Output the data in full. Keep every entry exactly as written.

* DATASET EXCERPTS *
[Start of section]
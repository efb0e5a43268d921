//! What is so of formulas as text.
ghost use Rattle.std.specs.Prelude.{◌≡◌, ℕ, List, Some};
ghost use Rattle.sap_terms.specs.Signature.{Sig};
ghost use Rattle.sap_formula.specs.Form.{Form};
ghost use Rattle.sap_grammar.specs.declared.limits.Limits.{Limits};
ghost use Rattle.sap_grammar.specs.Words.{Word};
ghost use Rattle.sap_formula_grammar.specs.FormulaGrammar.{IsIff, IsShortFormula, Reach, EndsFormula, IsFormulaAt};
ghost use Rattle.sap_formula_grammar.specs.FormulaReading.{short_formula};

use sap_grammar::term_laws;

/// A law: from one place words spell at most one formula that nothing goes on with, in one number of levels, and end it at one
/// place.
pub fn one_formula()
    ensures words { (g : Sig) (d e : Reach) (n k : ℕ) (f h : Form) (a b c : List Word)
        → IsIff g d f n a b → IsIff g e h k a c → EndsFormula b → EndsFormula c
        → (f ≡ h) × (n ≡ k) × (b ≡ c) }
    ensures places { (m : Limits) (g : Sig) (ws : List Word) (at e k : ℕ) (f h : Form)
        → IsFormulaAt m g ws at f e → IsFormulaAt m g ws at h k → (f ≡ h) × (e ≡ k) }
{
    term_laws();
}

/// A law: what `short_formula` reads is spelled so, and what is spelled so is read, where nothing goes on with it.
pub fn formulas_are_read()
    ensures sound { (g : Sig) (m : Limits) (f : Form) (a b : List Word)
        → short_formula g m a ≡ Some (f, b) → IsShortFormula g m f a b }
    ensures complete { (g : Sig) (m : Limits) (f : Form) (a b : List Word)
        → IsShortFormula g m f a b → EndsFormula b → short_formula g m a ≡ Some (f, b) }
{
    term_laws();
}
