/// A first request takes what served two.
pub const AGGRESSIVE: Case = Case {
    script: br#"hx-script 1
config 4
listen web
  bind :8080
  http-reuse aggressive
  server s1 127.0.0.1:9001 
client web 0 0
piece 0 0 "GET /a HTTP/1.1\r\nHost: h\r\n\r\n"
end 0 40
client web 0 10
piece 10 0 "GET /a HTTP/1.1\r\nHost: h\r\n\r\nGET /a HTTP/1.1\r\nHost: h\r\n\r\n"
end 10 80
client web 0 20
piece 20 0 "GET /a HTTP/1.1\r\nHost: h\r\n\r\n"
end 20 40
server web/s1
piece 0 28 "HTTP/1.1 200 OK\r\nContent-Length: 2\r\n\r\nhi"
piece 0 56 "HTTP/1.1 200 OK\r\nContent-Length: 2\r\n\r\nhi"
piece 0 84 "HTTP/1.1 200 OK\r\nContent-Length: 2\r\n\r\nhi"
piece 0 112 "HTTP/1.1 200 OK\r\nContent-Length: 2\r\n\r\nhi"
piece 0 140 "HTTP/1.1 200 OK\r\nContent-Length: 2\r\n\r\nhi"
piece 0 168 "HTTP/1.1 200 OK\r\nContent-Length: 2\r\n\r\nhi"
piece 0 196 "HTTP/1.1 200 OK\r\nContent-Length: 2\r\n\r\nhi"
piece 0 224 "HTTP/1.1 200 OK\r\nContent-Length: 2\r\n\r\nhi"
piece 0 252 "HTTP/1.1 200 OK\r\nContent-Length: 2\r\n\r\nhi"
server web/s1
piece 0 28 "HTTP/1.1 200 OK\r\nContent-Length: 2\r\n\r\nhi"
piece 0 56 "HTTP/1.1 200 OK\r\nContent-Length: 2\r\n\r\nhi"
piece 0 84 "HTTP/1.1 200 OK\r\nContent-Length: 2\r\n\r\nhi"
piece 0 112 "HTTP/1.1 200 OK\r\nContent-Length: 2\r\n\r\nhi"
piece 0 140 "HTTP/1.1 200 OK\r\nContent-Length: 2\r\n\r\nhi"
piece 0 168 "HTTP/1.1 200 OK\r\nContent-Length: 2\r\n\r\nhi"
piece 0 196 "HTTP/1.1 200 OK\r\nContent-Length: 2\r\n\r\nhi"
piece 0 224 "HTTP/1.1 200 OK\r\nContent-Length: 2\r\n\r\nhi"
piece 0 252 "HTTP/1.1 200 OK\r\nContent-Length: 2\r\n\r\nhi"
"#,
    transcript: br#"hx-transcript 1
server web/s1 aggressive -1 0 5000
open 0.1 1
park 0.1 1 0:0 1
open 0.2 2
park 0.2 2 0:1 1
take 0.2 2 0:1 1 later
park 0.2 2 0:1 2
take 0.3 2 0:1 2 first
park 0.3 2 0:1 3
gate 0 drain
take 0.0 1 0:0 1 later
close 0.0 1
take 0.0 2 0:1 3 later
close 0.0 2
records
pass 0.1 1 web/s1#1 1 ask 0-28 sent 0-28 took 0-40 gave 0-40 keep
left 0.1 28-28 end
pass 0.2 1 web/s1#2 1 ask 0-28 sent 0-28 took 0-40 gave 0-40 keep
pass 0.2 2 web/s1#2 2 ask 28-56 sent 28-56 took 40-80 gave 40-80 keep
left 0.2 56-56 end
pass 0.3 1 web/s1#2 3 ask 0-28 sent 56-84 took 80-120 gave 0-40 keep
left 0.3 28-28 end
links
client 0.1 took "GET /a HTTP/1.1\r\nHost: h\r\n\r\n"
client 0.1 gave "HTTP/1.1 200 OK\r\nContent-Length: 2\r\n\r\nhi"
client 0.2 took "GET /a HTTP/1.1\r\nHost: h\r\n\r\nGET /a HTTP/1.1\r\nHost: h\r\n\r\n"
client 0.2 gave "HTTP/1.1 200 OK\r\nContent-Length: 2\r\n\r\nhiHTTP/1.1 200 OK\r\nContent-Length: 2\r\n\r\nhi"
client 0.3 took "GET /a HTTP/1.1\r\nHost: h\r\n\r\n"
client 0.3 gave "HTTP/1.1 200 OK\r\nContent-Length: 2\r\n\r\nhi"
conn web/s1#1 sent "GET /a HTTP/1.1\r\nHost: h\r\n\r\n"
conn web/s1#1 took "HTTP/1.1 200 OK\r\nContent-Length: 2\r\n\r\nhi"
conn web/s1#2 sent "GET /a HTTP/1.1\r\nHost: h\r\n\r\nGET /a HTTP/1.1\r\nHost: h\r\n\r\nGET /a HTTP/1.1\r\nHost: h\r\n\r\n"
conn web/s1#2 took "HTTP/1.1 200 OK\r\nContent-Length: 2\r\n\r\nhiHTTP/1.1 200 OK\r\nContent-Length: 2\r\n\r\nhiHTTP/1.1 200 OK\r\nContent-Length: 2\r\n\r\nhi"
totals
web/s1 open 2 park 4 take 2 over 0 care 2 close 2
end
"#,
};
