//! The jumps that lead out of the statements of a source, found in one walk.
#![tactic(auto)]

mod jumps;
mod walk;

pub use jumps::any;
pub use walk::{jumps_of, statements_of};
[End of section]
* ANSWER FOR THIS EXERCISE *
repository efb0e5a43268d921
//! What is so of formulas as text.
ghost use Rattle.std.specs.Prelude.{◌≡◌, ℕ, List, Some};
ghost use Rattle.sap_terms.specs.Signature.{Sig};
ghost use Rattle.sap_formula.specs.Form.{Form};
ghost use Rattle.sap_grammar.specs.declared.limits.Limits.{Limits};
ghost use Rattle.sap_grammar.specs.Words.{Word};
ghost use Rattle.sap_formula_grammar.specs.FormulaGrammar.{IsIff, IsShortFormula, Reach, EndsFormula, IsFormulaAt};
ghost use Rattle.sap_formula_grammar.specs.FormulaReading.{short_formula};

use sap_grammar::term_laws;

/// A law: from one place words spell at most one formula that nothing goes on with, in one number of levels, and end it at one
/// place.
pub fn one_formula()
    ensures words { (g : Sig) (d e : Reach) (n k : ℕ) (f h : Form) (a b c : List Word)
        → IsIff g d f n a b → IsIff g e h k a c → EndsFormula b → EndsFormula c
        → (f ≡ h) × (n ≡ k) × (b ≡ c) }
    ensures places { (m : Limits) (g : Sig) (ws : List Word) (at e k : ℕ) (f h : Form)
        → IsFormulaAt m g ws at f e → IsFormulaAt m g ws at h k → (f ≡ h) × (e ≡ k) }
{
    term_laws();
}

/// A law: what `short_formula` reads is spelled so, and what is spelled so is read, where nothing goes on with it.
pub fn formulas_are_read()
    ensures sound { (g : Sig) (m : Limits) (f : Form) (a b : List Word)
        → short_formula g m a ≡ Some (f, b) → IsShortFormula g m f a b }
    ensures complete { (g : Sig) (m : Limits) (f : Form) (a b : List Word)
        → IsShortFormula g m f a b → EndsFormula b → short_formula g m a ≡ Some (f, b) }
{
    term_laws();
}
/// A first request takes what served two.
pub const AGGRESSIVE: Case = Case {
    script: br#"hx-script 1
config 4
listen web
  bind :8080
  http-reuse aggressive
  server s1 127.0.0.1:9001 
client web 0 0
piece 0 0 "GET /a HTTP/1.1\r\nHost: h\r\n\r\n"
end 0 40
client web 0 10
piece 10 0 "GET /a HTTP/1.1\r\nHost: h\r\n\r\nGET /a HTTP/1.1\r\nHost: h\r\n\r\n"
end 10 80
client web 0 20
piece 20 0 "GET /a HTTP/1.1\r\nHost: h\r\n\r\n"
end 20 40
server web/s1
piece 0 28 "HTTP/1.1 200 OK\r\nContent-Length: 2\r\n\r\nhi"
piece 0 56 "HTTP/1.1 200 OK\r\nContent-Length: 2\r\n\r\nhi"
piece 0 84 "HTTP/1.1 200 OK\r\nContent-Length: 2\r\n\r\nhi"
piece 0 112 "HTTP/1.1 200 OK\r\nContent-Length: 2\r\n\r\nhi"
piece 0 140 "HTTP/1.1 200 OK\r\nContent-Length: 2\r\n\r\nhi"
piece 0 168 "HTTP/1.1 200 OK\r\nContent-Length: 2\r\n\r\nhi"
piece 0 196 "HTTP/1.1 200 OK\r\nContent-Length: 2\r\n\r\nhi"
piece 0 224 "HTTP/1.1 200 OK\r\nContent-Length: 2\r\n\r\nhi"
piece 0 252 "HTTP/1.1 200 OK\r\nContent-Length: 2\r\n\r\nhi"
server web/s1
piece 0 28 "HTTP/1.1 200 OK\r\nContent-Length: 2\r\n\r\nhi"
piece 0 56 "HTTP/1.1 200 OK\r\nContent-Length: 2\r\n\r\nhi"
piece 0 84 "HTTP/1.1 200 OK\r\nContent-Length: 2\r\n\r\nhi"
piece 0 112 "HTTP/1.1 200 OK\r\nContent-Length: 2\r\n\r\nhi"
piece 0 140 "HTTP/1.1 200 OK\r\nContent-Length: 2\r\n\r\nhi"
piece 0 168 "HTTP/1.1 200 OK\r\nContent-Length: 2\r\n\r\nhi"
piece 0 196 "HTTP/1.1 200 OK\r\nContent-Length: 2\r\n\r\nhi"
piece 0 224 "HTTP/1.1 200 OK\r\nContent-Length: 2\r\n\r\nhi"
piece 0 252 "HTTP/1.1 200 OK\r\nContent-Length: 2\r\n\r\nhi"
"#,
    transcript: br#"hx-transcript 1
server web/s1 aggressive -1 0 5000
open 0.1 1
park 0.1 1 0:0 1
open 0.2 2
park 0.2 2 0:1 1
take 0.2 2 0:1 1 later
park 0.2 2 0:1 2
take 0.3 2 0:1 2 first
park 0.3 2 0:1 3
gate 0 drain
take 0.0 1 0:0 1 later
close 0.0 1
take 0.0 2 0:1 3 later
close 0.0 2
records
pass 0.1 1 web/s1#1 1 ask 0-28 sent 0-28 took 0-40 gave 0-40 keep
left 0.1 28-28 end
pass 0.2 1 web/s1#2 1 ask 0-28 sent 0-28 took 0-40 gave 0-40 keep
pass 0.2 2 web/s1#2 2 ask 28-56 sent 28-56 took 40-80 gave 40-80 keep
left 0.2 56-56 end
pass 0.3 1 web/s1#2 3 ask 0-28 sent 56-84 took 80-120 gave 0-40 keep
left 0.3 28-28 end
links
client 0.1 took "GET /a HTTP/1.1\r\nHost: h\r\n\r\n"
client 0.1 gave "HTTP/1.1 200 OK\r\nContent-Length: 2\r\n\r\nhi"
client 0.2 took "GET /a HTTP/1.1\r\nHost: h\r\n\r\nGET /a HTTP/1.1\r\nHost: h\r\n\r\n"
client 0.2 gave "HTTP/1.1 200 OK\r\nContent-Length: 2\r\n\r\nhiHTTP/1.1 200 OK\r\nContent-Length: 2\r\n\r\nhi"
client 0.3 took "GET /a HTTP/1.1\r\nHost: h\r\n\r\n"
client 0.3 gave "HTTP/1.1 200 OK\r\nContent-Length: 2\r\n\r\nhi"
conn web/s1#1 sent "GET /a HTTP/1.1\r\nHost: h\r\n\r\n"
conn web/s1#1 took "HTTP/1.1 200 OK\r\nContent-Length: 2\r\n\r\nhi"
conn web/s1#2 sent "GET /a HTTP/1.1\r\nHost: h\r\n\r\nGET /a HTTP/1.1\r\nHost: h\r\n\r\nGET /a HTTP/1.1\r\nHost: h\r\n\r\n"
conn web/s1#2 took "HTTP/1.1 200 OK\r\nContent-Length: 2\r\n\r\nhiHTTP/1.1 200 OK\r\nContent-Length: 2\r\n\r\nhiHTTP/1.1 200 OK\r\nContent-Length: 2\r\n\r\nhi"
totals
web/s1 open 2 park 4 take 2 over 0 care 2 close 2
end
"#,
};
//! The jumps that lead out of the statements of a source, found in one walk.
#![tactic(auto)]

mod jumps;
mod walk;

pub use jumps::any;
pub use walk::{jumps_of, statements_of};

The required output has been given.